Leis retained counsel who obtained dismissal of Mr. Saleh's lawsuits. Although Leis had no liability to Mr. Saleh, it incurred attorney's fees and costs to defend the litigation.
After the Saleh lawsuits were dismissed, Leis sued Liberty for breach of contract and for violations of Chapters 541 and 542 of the Texas Insurance Code.
Leis and Liberty filed cross-motions for summary judgment. Leis argued that Liberty was required to provide a defense in the Saleh lawsuits. Liberty asserted the Saleh actions did not plead a covered occurrence under the policy.
The trial court denied Leis' motion and granted Liberty's motion.
Leis appealed, asserting that there was coverage under the Liberty policy because it could be inferred from Mr. Saleh's pleadings that Mr. Saleh had "suffered some damage or harm to his person or property because Leis did not repair [Mr.] Saleh's air conditioning system in the blaring heat of the summer." Additionally, Leis stated, it was a reasonable inference that Mr. Saleh claimed that "he suffered harm to his person or property as a result of Leis's inaction" for which he sought damages of $150,000. Therefore, Leis argued, liberally construing the pleadings, Liberty was required to provide a defense pursuant to the terms of the policy.
The Liberty Policy
The Liberty policy provided:
SECTION I – COVERAGESThe Appellate Court's DecisionCOVERAGE A – BODILY INJURY AND PROPERTY DAMAGE LIABILITY
1. Insuring Agreement
a. We will pay those sums that the insured becomes legally obligated to pay as damages because of "bodily injury" or "property damage" to which this insurance applies. We will have the right and duty to defend the insured against any "suit" seeking those damages….
b. This insurance applies to "bodily injury" and "property damage" only if:
(1) The "bodily injury" or "property damage" is caused by an "occurrence" that takes place in the "coverage territory"; [and]
(2) The "bodily injury" or "property damage" occurs during the policy period. . .
SECTION V — DEFINITIONS
3. "Bodily injury" means bodily injury, sickness or disease sustained by a person, including death resulting from any of these at any time.
13. "Occurrence" means an accident, including continuous or repeated exposure to substantially the same general harmful conditions.
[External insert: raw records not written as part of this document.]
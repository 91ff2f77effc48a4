//! What is answered to a question.
use crate::RequestFault;
use crate::metrics::ReplicaMetrics;
use ledger_model::{AppKind, Batch, Height, ReplicaId, SubmitRefusal};

/// Where a transaction is kept: a replica, and the index of the submit's entry in its history.
#[derive(Clone, Copy, Debug)]
pub struct Receipt {
    pub replica: ReplicaId,
    pub index: u32,
}

/// What the pool did with a transaction.
#[derive(Clone, Copy, Debug)]
pub enum Submission {
    Pooled(Receipt),
    Refused(SubmitRefusal),
}

/// What became of a transaction that was to be in a block.
#[derive(Clone, Copy, Debug)]
pub enum Commitment {
    /// The block at this height has the transaction, and the application returned this code for it.
    Committed {
        receipt: Receipt,
        height: Height,
        code: u32,
    },
    Refused(SubmitRefusal),
}

/// Why a question that was understood has no answer.
#[derive(Clone, Copy, Debug)]
pub enum ServiceFault {
    /// The cluster has no replica of the number that the request names.
    NoReplica,
    /// The replica has not committed the height that the request names.
    NotCommitted,
    /// The application answers as of its last block, and the request names another height.
    NotLastHeight,
    /// The replica's history has no entries left for clients.
    HistoryFull,
    /// No block had the transaction in time. It may still be in a later one.
    TimedOut,
    /// The cluster was asked to stop.
    Stopping,
    /// The state that the replica's lock guards is another replica's.
    Stranger,
}

/// What is answered. Byte strings are written in base64 or as a hash, so they may have any bytes.
#[derive(Clone, Copy)]
pub enum Answer<'a> {
    /// The page for people.
    Page,
    /// Somebody answers.
    Health,
    /// How far a replica is: its open round and its last committed height.
    Status {
        replica: ReplicaId,
        round: u32,
        height: Height,
    },
    /// What an application says of itself: its kind, its last height, and the hash of its state then.
    AbciInfo {
        kind: AppKind,
        height: Height,
        hash: &'a [u8],
    },
    /// What an application has under a key after the block at a height.
    AbciQuery {
        key: &'a [u8],
        value: Option<&'a [u8]>,
        height: Height,
    },
    /// The block at a height.
    Block {
        height: Height,
        batch: &'a Batch,
    },
    /// How many transactions wait for a block, and how many bytes they have together.
    UnconfirmedTxs {
        count: u64,
        bytes: u64,
    },
    /// What the pool did with a transaction.
    BroadcastSync {
        tx: &'a [u8],
        submission: Submission,
    },
    /// What became of a transaction.
    BroadcastCommit {
        tx: &'a [u8],
        commitment: Commitment,
    },
    /// The metrics of replicas, in this order.
    Metrics(&'a [ReplicaMetrics]),
    /// The head asks nothing that is answered.
    Fault(RequestFault),
    /// The question has no answer.
    Unanswered(ServiceFault),
}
17. "Property damage" means:
a. Physical injury to tangible property, including all resulting loss of use of that property. All such loss of use shall be deemed to occur at the time of the physical injury that caused it; or
b. Loss of use of tangible property that is not physically injured. All such loss of use shall be deemed to occur at the time of the "occurrence" that caused it."
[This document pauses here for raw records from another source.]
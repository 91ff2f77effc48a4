//! The statement of its own that a replica makes at one height as a round opens.
ghost use Rattle.std.specs.Prelude.{◌≡◌, IfOk};

use ledger_model::{Batch, Signature, Statement};
use signed_frames::Frame;
use std::alloc::{AllocError, Global};
use std::marker::Model;

/// The statement of its own that a replica makes at one height as a round opens.
#[derive(Debug, Drop)]
pub enum RoundStatement {
    /// None: the replica is mute.
    Mute,
    /// None that is sent; an owner may acknowledge its own lock without sending the acknowledgement.
    Unsent,
    /// A statement that is signed and sent.
    Sent(OwnFrame),
}

/// A signed statement of the replica's own, with the memory to store it. Contracts see the signed statement.
#[derive(Debug)]
pub struct OwnFrame {
    frame: Frame,
    kept: Reserved,
}

// An own `Drop` keeps proofs short: an owner drops it by one call. See docs/WORKING.md.
impl Drop for OwnFrame {
    fn drop(self) {
        let OwnFrame {
            frame: _frame,
            kept: _kept,
        } = self;
    }
}

/// The memory that storing a statement of the replica's own needs besides its frame.
#[derive(Debug, Drop)]
pub(crate) enum Reserved {
    /// A report's signature.
    Report(Signature),
    /// The value of a lock, twice: for the lock that was made, and for the lock that was taken.
    Lock(Batch, Batch),
    /// An acknowledgement needs nothing.
    Ack,
}

impl Model for OwnFrame {
    ghost use Rattle.ledger_model.specs.declared.statement.SignedStatement.{SignedStatement};
    ghost use Rattle.ledger_model.specs.Spelling.{IsFrame};
    ghost use Rattle.instance.specs.Reserved.{IsReservedFor};

    ghost Value = { SignedStatement };

    ghost view = { λ o. o.frame };

    ghost invariant = { λ o. IsFrame o.frame × IsReservedFor o.frame o.kept };
}

impl Reserved {
    ghost use Rattle.ledger_model.specs.Spelling.{IsFrame};
    ghost use Rattle.instance.specs.Reserved.{IsReservedFor};

    /// The memory for a lock on the value.
    fn of_value(value: &Batch) -> Result<Self, AllocError>
        ensures { IfOk result (λ kept. kept ≡ Reserved.Lock value.now value.now) }
    {
        Ok(Reserved::Lock(value.copy()?, value.copy()?))
    }

    /// The memory for the frame's statement.
    fn of_frame(alloc: Global, frame: &Frame) -> Result<Self, AllocError>
        ensures kept { IfOk result (λ kept. IsReservedFor frame.now kept) }
        ensures frame { IsFrame frame.now }
    {
        match frame.statement() {
            Statement::Report(_) => {
                let signature = Vec::from_slice(alloc, frame.signature())?;
                Ok(Reserved::Report(Signature::new(signature)))
            }
            Statement::Lock(lock) => Reserved::of_value(&lock.value),
            Statement::Ack(_) => Ok(Reserved::Ack),
        }
    }
}

impl OwnFrame {
    ghost use Rattle.ledger_model.specs.Spelling.{IsFrame};
    ghost use Rattle.instance.specs.Reserved.{IsReservedFor};

    /// The frame of a statement of the replica's own. Allocates the memory that storing it needs.
    pub fn new(alloc: Global, frame: Frame) -> Result<Self, AllocError>
        ensures { IfOk result (λ own. own ≡ frame) }
    {
        let kept = Reserved::of_frame(alloc, &frame)?;
        Ok(OwnFrame { frame, kept })
    }

    /// The frame, as it is sent.
    pub fn frame(&self) -> &Frame
        ensures { result.now ≡ self.now }
    {
        &self.frame
    }

    /// The frame, and the memory to store its statement.
    pub(crate) fn into_parts(self) -> (Frame, Reserved)
        ensures frame { result.0 ≡ self }
        ensures readable { IsFrame result.0 }
        ensures kept { IsReservedFor result.0 result.1 }
    {
        let OwnFrame { frame, kept } = self;
        (frame, kept)
    }
}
The appellate court reversed.
In its decision, the appellate court ruled that, liberally construing Mr. Saleh's pleadings, Mr. Saleh had alleged in his first lawsuit that he had been damaged when Leis had failed to communicate with him because his name indicated he was Muslim or Arab. Mr. Saleh asserted that Leis had discriminated against him because of his race, religion, or ethnic background, which had caused him to suffer damages.
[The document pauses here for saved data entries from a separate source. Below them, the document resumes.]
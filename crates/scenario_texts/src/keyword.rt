//! The keywords, with which lines start.
ghost use Rattle.std.specs.Prelude.{◌≡◌};
ghost use Rattle.scenario_texts.specs.Words.{keyword_text};
ghost use Rattle.scenario_texts.specs.Reading.{keyword_of};

/// The keyword of a line.
#[derive(Clone, Copy, Debug, PartialEq, Eq)]
pub(crate) enum Keyword {
    Config,
    Keys,
    Frames,
    Liar,
    Submit,
    Propose,
    End,
    Pass,
    Inject,
    Execute,
    Query,
    Retire,
    Info,
    Silent,
    Round,
    LieReport,
    LieLock,
    LieStale,
    LieAck,
}

/// The keyword that the word is, if it is one.
#[tactic(auto, unfolding(crate::specs::Reading::keyword_of))]
pub(crate) fn keyword_of(word: &str) -> Option<Keyword>
    ensures { result ≡ keyword_of word.now }
{
    match word {
        "config" => Some(Keyword::Config),
        "keys" => Some(Keyword::Keys),
        "frames" => Some(Keyword::Frames),
        "liar" => Some(Keyword::Liar),
        "submit" => Some(Keyword::Submit),
        "propose" => Some(Keyword::Propose),
        "end" => Some(Keyword::End),
        "pass" => Some(Keyword::Pass),
        "inject" => Some(Keyword::Inject),
        "execute" => Some(Keyword::Execute),
        "query" => Some(Keyword::Query),
        "retire" => Some(Keyword::Retire),
        "info" => Some(Keyword::Info),
        "silent" => Some(Keyword::Silent),
        "round" => Some(Keyword::Round),
        "lie-report" => Some(Keyword::LieReport),
        "lie-lock" => Some(Keyword::LieLock),
        "lie-stale" => Some(Keyword::LieStale),
        "lie-ack" => Some(Keyword::LieAck),
        _ => None,
    }
}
The appellate court added that, in the second lawsuit, Mr. Saleh had alleged that he had been damaged because Leis had conspired with others to file a false return of service.
The appellate court found that Mr. Saleh had made "no allegation" that he had suffered "bodily injury, sickness or disease or physical injury or loss of use of tangible property."
According to the appellate court, neither the discrimination alleged by Mr. Saleh nor the alleged conspiracy to file a false return of service constituted an allegation of bodily injury or property damage. It held that Mr. Saleh's actions "did not state a cause of action for bodily injury or property damage covered under the terms of the [Liberty policy]."
The appellate court concluded that, in light of Mr. Saleh's failure to allege any bodily injury or property damage, Liberty did not have a duty to defend Leis against Mr. Saleh's claims, that Liberty had not breached the policy, and that Leis' claims under Chapters 541 and 542 of the Texas Insurance Code similarly failed.